------ Supplied records

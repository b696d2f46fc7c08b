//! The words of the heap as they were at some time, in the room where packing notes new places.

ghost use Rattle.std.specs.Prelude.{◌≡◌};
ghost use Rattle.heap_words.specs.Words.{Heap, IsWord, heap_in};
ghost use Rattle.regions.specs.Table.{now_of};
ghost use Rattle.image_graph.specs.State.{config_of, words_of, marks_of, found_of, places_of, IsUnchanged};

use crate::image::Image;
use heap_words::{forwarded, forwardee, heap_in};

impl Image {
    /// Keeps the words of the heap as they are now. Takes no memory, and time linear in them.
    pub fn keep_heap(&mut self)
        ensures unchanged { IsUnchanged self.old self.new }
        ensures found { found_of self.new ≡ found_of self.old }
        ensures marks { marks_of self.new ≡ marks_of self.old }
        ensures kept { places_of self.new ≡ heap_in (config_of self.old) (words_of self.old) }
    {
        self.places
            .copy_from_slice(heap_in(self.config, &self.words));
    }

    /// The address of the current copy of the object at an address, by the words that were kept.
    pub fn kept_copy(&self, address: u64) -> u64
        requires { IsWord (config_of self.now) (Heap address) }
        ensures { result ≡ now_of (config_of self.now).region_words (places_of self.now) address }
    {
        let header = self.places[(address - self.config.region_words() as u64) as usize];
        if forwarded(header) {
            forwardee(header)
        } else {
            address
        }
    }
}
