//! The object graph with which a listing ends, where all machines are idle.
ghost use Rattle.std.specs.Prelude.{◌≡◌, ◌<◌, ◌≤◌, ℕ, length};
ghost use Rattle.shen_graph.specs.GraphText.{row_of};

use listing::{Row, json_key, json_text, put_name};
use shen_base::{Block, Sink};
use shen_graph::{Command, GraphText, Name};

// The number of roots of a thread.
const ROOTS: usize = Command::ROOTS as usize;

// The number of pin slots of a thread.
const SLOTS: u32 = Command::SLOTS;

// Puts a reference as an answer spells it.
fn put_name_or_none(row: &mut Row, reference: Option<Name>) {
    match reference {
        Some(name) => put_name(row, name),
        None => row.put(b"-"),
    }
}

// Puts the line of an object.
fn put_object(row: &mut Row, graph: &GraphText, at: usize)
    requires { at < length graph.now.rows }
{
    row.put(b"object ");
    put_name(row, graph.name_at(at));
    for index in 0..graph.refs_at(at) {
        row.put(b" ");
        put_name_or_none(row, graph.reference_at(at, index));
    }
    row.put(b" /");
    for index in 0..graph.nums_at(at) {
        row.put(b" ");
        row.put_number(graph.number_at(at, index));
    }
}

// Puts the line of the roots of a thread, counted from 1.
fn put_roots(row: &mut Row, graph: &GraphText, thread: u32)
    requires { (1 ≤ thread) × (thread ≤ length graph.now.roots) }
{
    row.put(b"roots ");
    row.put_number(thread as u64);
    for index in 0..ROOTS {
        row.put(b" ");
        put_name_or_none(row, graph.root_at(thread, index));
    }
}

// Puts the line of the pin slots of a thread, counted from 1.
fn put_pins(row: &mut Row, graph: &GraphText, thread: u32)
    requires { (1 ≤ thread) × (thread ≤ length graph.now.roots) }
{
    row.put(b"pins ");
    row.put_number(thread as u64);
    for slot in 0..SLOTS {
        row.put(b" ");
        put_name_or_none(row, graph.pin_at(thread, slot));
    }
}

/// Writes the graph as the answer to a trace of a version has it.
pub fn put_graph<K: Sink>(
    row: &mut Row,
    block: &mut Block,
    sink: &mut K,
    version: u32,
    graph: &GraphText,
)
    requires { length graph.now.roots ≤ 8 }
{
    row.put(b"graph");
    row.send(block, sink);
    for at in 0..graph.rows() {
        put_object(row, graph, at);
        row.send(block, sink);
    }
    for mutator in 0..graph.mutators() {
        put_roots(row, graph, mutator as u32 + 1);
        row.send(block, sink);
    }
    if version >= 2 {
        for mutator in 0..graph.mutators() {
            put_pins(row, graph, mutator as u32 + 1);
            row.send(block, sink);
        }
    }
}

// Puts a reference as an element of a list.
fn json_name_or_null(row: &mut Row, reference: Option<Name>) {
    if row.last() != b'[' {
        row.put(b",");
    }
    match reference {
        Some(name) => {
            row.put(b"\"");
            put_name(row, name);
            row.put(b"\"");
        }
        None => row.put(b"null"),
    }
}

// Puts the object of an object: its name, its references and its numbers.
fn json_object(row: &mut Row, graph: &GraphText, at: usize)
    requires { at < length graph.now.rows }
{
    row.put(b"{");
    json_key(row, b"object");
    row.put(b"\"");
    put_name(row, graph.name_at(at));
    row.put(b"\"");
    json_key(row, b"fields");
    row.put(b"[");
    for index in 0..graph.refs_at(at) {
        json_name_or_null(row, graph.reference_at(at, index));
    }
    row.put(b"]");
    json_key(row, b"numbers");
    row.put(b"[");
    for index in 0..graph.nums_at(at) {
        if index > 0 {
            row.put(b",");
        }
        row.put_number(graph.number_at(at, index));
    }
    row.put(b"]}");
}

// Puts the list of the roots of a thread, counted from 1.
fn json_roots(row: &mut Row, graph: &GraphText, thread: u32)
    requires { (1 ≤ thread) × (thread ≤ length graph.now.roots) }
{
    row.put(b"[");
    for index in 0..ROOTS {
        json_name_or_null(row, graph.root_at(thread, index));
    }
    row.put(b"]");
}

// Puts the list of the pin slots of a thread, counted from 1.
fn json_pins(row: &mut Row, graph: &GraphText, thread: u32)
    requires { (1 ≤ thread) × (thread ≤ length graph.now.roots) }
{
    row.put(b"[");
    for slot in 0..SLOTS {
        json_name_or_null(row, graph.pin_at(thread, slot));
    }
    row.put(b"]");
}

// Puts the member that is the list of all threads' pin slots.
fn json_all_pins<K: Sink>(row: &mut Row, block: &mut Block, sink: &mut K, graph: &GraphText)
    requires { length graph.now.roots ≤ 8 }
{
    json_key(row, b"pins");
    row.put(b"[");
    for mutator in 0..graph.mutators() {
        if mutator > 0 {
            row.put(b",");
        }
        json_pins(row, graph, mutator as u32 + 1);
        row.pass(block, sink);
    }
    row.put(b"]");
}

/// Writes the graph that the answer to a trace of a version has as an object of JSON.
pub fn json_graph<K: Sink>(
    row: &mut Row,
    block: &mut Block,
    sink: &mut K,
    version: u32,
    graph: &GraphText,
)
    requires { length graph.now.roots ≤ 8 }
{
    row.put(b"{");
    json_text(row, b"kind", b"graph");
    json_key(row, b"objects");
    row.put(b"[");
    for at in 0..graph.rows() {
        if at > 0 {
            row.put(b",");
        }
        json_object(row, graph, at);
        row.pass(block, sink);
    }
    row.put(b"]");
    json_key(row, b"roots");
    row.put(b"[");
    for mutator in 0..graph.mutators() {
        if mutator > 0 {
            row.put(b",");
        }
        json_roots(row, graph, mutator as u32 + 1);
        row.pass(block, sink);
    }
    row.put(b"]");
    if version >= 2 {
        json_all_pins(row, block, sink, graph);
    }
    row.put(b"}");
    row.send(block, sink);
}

------------

• What to do:
An exact copy of the data is needed.

• Solution for this problem:
repository b696d2f46fc7c08b
//! The words of the heap as they were at some time, in the room where packing notes new places.

ghost use Rattle.std.specs.Prelude.{◌≡◌};
ghost use Rattle.heap_words.specs.Words.{Heap, IsWord, heap_in};
ghost use Rattle.regions.specs.Table.{now_of};
ghost use Rattle.image_graph.specs.State.{config_of, words_of, marks_of, found_of, places_of, IsUnchanged};

use crate::image::Image;
use heap_words::{forwarded, forwardee, heap_in};

impl Image {
    /// Keeps the words of the heap as they are now. Takes no memory, and time linear in them.
    pub fn keep_heap(&mut self)
        ensures unchanged { IsUnchanged self.old self.new }
        ensures found { found_of self.new ≡ found_of self.old }
        ensures marks { marks_of self.new ≡ marks_of self.old }
        ensures kept { places_of self.new ≡ heap_in (config_of self.old) (words_of self.old) }
    {
        self.places
            .copy_from_slice(heap_in(self.config, &self.words));
    }

    /// The address of the current copy of the object at an address, by the words that were kept.
    pub fn kept_copy(&self, address: u64) -> u64
        requires { IsWord (config_of self.now) (Heap address) }
        ensures { result ≡ now_of (config_of self.now).region_words (places_of self.now) address }
    {
        let header = self.places[(address - self.config.region_words() as u64) as usize];
        if forwarded(header) {
            forwardee(header)
        } else {
            address
        }
    }
}
//! The object graph with which a listing ends, where all machines are idle.
ghost use Rattle.std.specs.Prelude.{◌≡◌, ◌<◌, ◌≤◌, ℕ, length};
ghost use Rattle.shen_graph.specs.GraphText.{row_of};

use listing::{Row, json_key, json_text, put_name};
use shen_base::{Block, Sink};
use shen_graph::{Command, GraphText, Name};

// The number of roots of a thread.
const ROOTS: usize = Command::ROOTS as usize;

// The number of pin slots of a thread.
const SLOTS: u32 = Command::SLOTS;

// Puts a reference as an answer spells it.
fn put_name_or_none(row: &mut Row, reference: Option<Name>) {
    match reference {
        Some(name) => put_name(row, name),
        None => row.put(b"-"),
    }
}

// Puts the line of an object.
fn put_object(row: &mut Row, graph: &GraphText, at: usize)
    requires { at < length graph.now.rows }
{
    row.put(b"object ");
    put_name(row, graph.name_at(at));
    for index in 0..graph.refs_at(at) {
        row.put(b" ");
        put_name_or_none(row, graph.reference_at(at, index));
    }
    row.put(b" /");
    for index in 0..graph.nums_at(at) {
        row.put(b" ");
        row.put_number(graph.number_at(at, index));
    }
}

// Puts the line of the roots of a thread, counted from 1.
fn put_roots(row: &mut Row, graph: &GraphText, thread: u32)
    requires { (1 ≤ thread) × (thread ≤ length graph.now.roots) }
{
    row.put(b"roots ");
    row.put_number(thread as u64);
    for index in 0..ROOTS {
        row.put(b" ");
        put_name_or_none(row, graph.root_at(thread, index));
    }
}

// Puts the line of the pin slots of a thread, counted from 1.
fn put_pins(row: &mut Row, graph: &GraphText, thread: u32)
    requires { (1 ≤ thread) × (thread ≤ length graph.now.roots) }
{
    row.put(b"pins ");
    row.put_number(thread as u64);
    for slot in 0..SLOTS {
        row.put(b" ");
        put_name_or_none(row, graph.pin_at(thread, slot));
    }
}

/// Writes the graph as the answer to a trace of a version has it.
pub fn put_graph<K: Sink>(
    row: &mut Row,
    block: &mut Block,
    sink: &mut K,
    version: u32,
    graph: &GraphText,
)
    requires { length graph.now.roots ≤ 8 }
{
    row.put(b"graph");
    row.send(block, sink);
    for at in 0..graph.rows() {
        put_object(row, graph, at);
        row.send(block, sink);
    }
    for mutator in 0..graph.mutators() {
        put_roots(row, graph, mutator as u32 + 1);
        row.send(block, sink);
    }
    if version >= 2 {
        for mutator in 0..graph.mutators() {
            put_pins(row, graph, mutator as u32 + 1);
            row.send(block, sink);
        }
    }
}

// Puts a reference as an element of a list.
fn json_name_or_null(row: &mut Row, reference: Option<Name>) {
    if row.last() != b'[' {
        row.put(b",");
    }
    match reference {
        Some(name) => {
            row.put(b"\"");
            put_name(row, name);
            row.put(b"\"");
        }
        None => row.put(b"null"),
    }
}

// Puts the object of an object: its name, its references and its numbers.
fn json_object(row: &mut Row, graph: &GraphText, at: usize)
    requires { at < length graph.now.rows }
{
    row.put(b"{");
    json_key(row, b"object");
    row.put(b"\"");
    put_name(row, graph.name_at(at));
    row.put(b"\"");
    json_key(row, b"fields");
    row.put(b"[");
    for index in 0..graph.refs_at(at) {
        json_name_or_null(row, graph.reference_at(at, index));
    }
    row.put(b"]");
    json_key(row, b"numbers");
    row.put(b"[");
    for index in 0..graph.nums_at(at) {
        if index > 0 {
            row.put(b",");
        }
        row.put_number(graph.number_at(at, index));
    }
    row.put(b"]}");
}

// Puts the list of the roots of a thread, counted from 1.
fn json_roots(row: &mut Row, graph: &GraphText, thread: u32)
    requires { (1 ≤ thread) × (thread ≤ length graph.now.roots) }
{
    row.put(b"[");
    for index in 0..ROOTS {
        json_name_or_null(row, graph.root_at(thread, index));
    }
    row.put(b"]");
}

// Puts the list of the pin slots of a thread, counted from 1.
fn json_pins(row: &mut Row, graph: &GraphText, thread: u32)
    requires { (1 ≤ thread) × (thread ≤ length graph.now.roots) }
{
    row.put(b"[");
    for slot in 0..SLOTS {
        json_name_or_null(row, graph.pin_at(thread, slot));
    }
    row.put(b"]");
}

// Puts the member that is the list of all threads' pin slots.
fn json_all_pins<K: Sink>(row: &mut Row, block: &mut Block, sink: &mut K, graph: &GraphText)
    requires { length graph.now.roots ≤ 8 }
{
    json_key(row, b"pins");
    row.put(b"[");
    for mutator in 0..graph.mutators() {
        if mutator > 0 {
            row.put(b",");
        }
        json_pins(row, graph, mutator as u32 + 1);
        row.pass(block, sink);
    }
    row.put(b"]");
}

/// Writes the graph that the answer to a trace of a version has as an object of JSON.
pub fn json_graph<K: Sink>(
    row: &mut Row,
    block: &mut Block,
    sink: &mut K,
    version: u32,
    graph: &GraphText,
)
    requires { length graph.now.roots ≤ 8 }
{
    row.put(b"{");
    json_text(row, b"kind", b"graph");
    json_key(row, b"objects");
    row.put(b"[");
    for at in 0..graph.rows() {
        if at > 0 {
            row.put(b",");
        }
        json_object(row, graph, at);
        row.pass(block, sink);
    }
    row.put(b"]");
    json_key(row, b"roots");
    row.put(b"[");
    for mutator in 0..graph.mutators() {
        if mutator > 0 {
            row.put(b",");
        }
        json_roots(row, graph, mutator as u32 + 1);
        row.pass(block, sink);
    }
    row.put(b"]");
    if version >= 2 {
        json_all_pins(row, block, sink, graph);
    }
    row.put(b"}");
    row.send(block, sink);
}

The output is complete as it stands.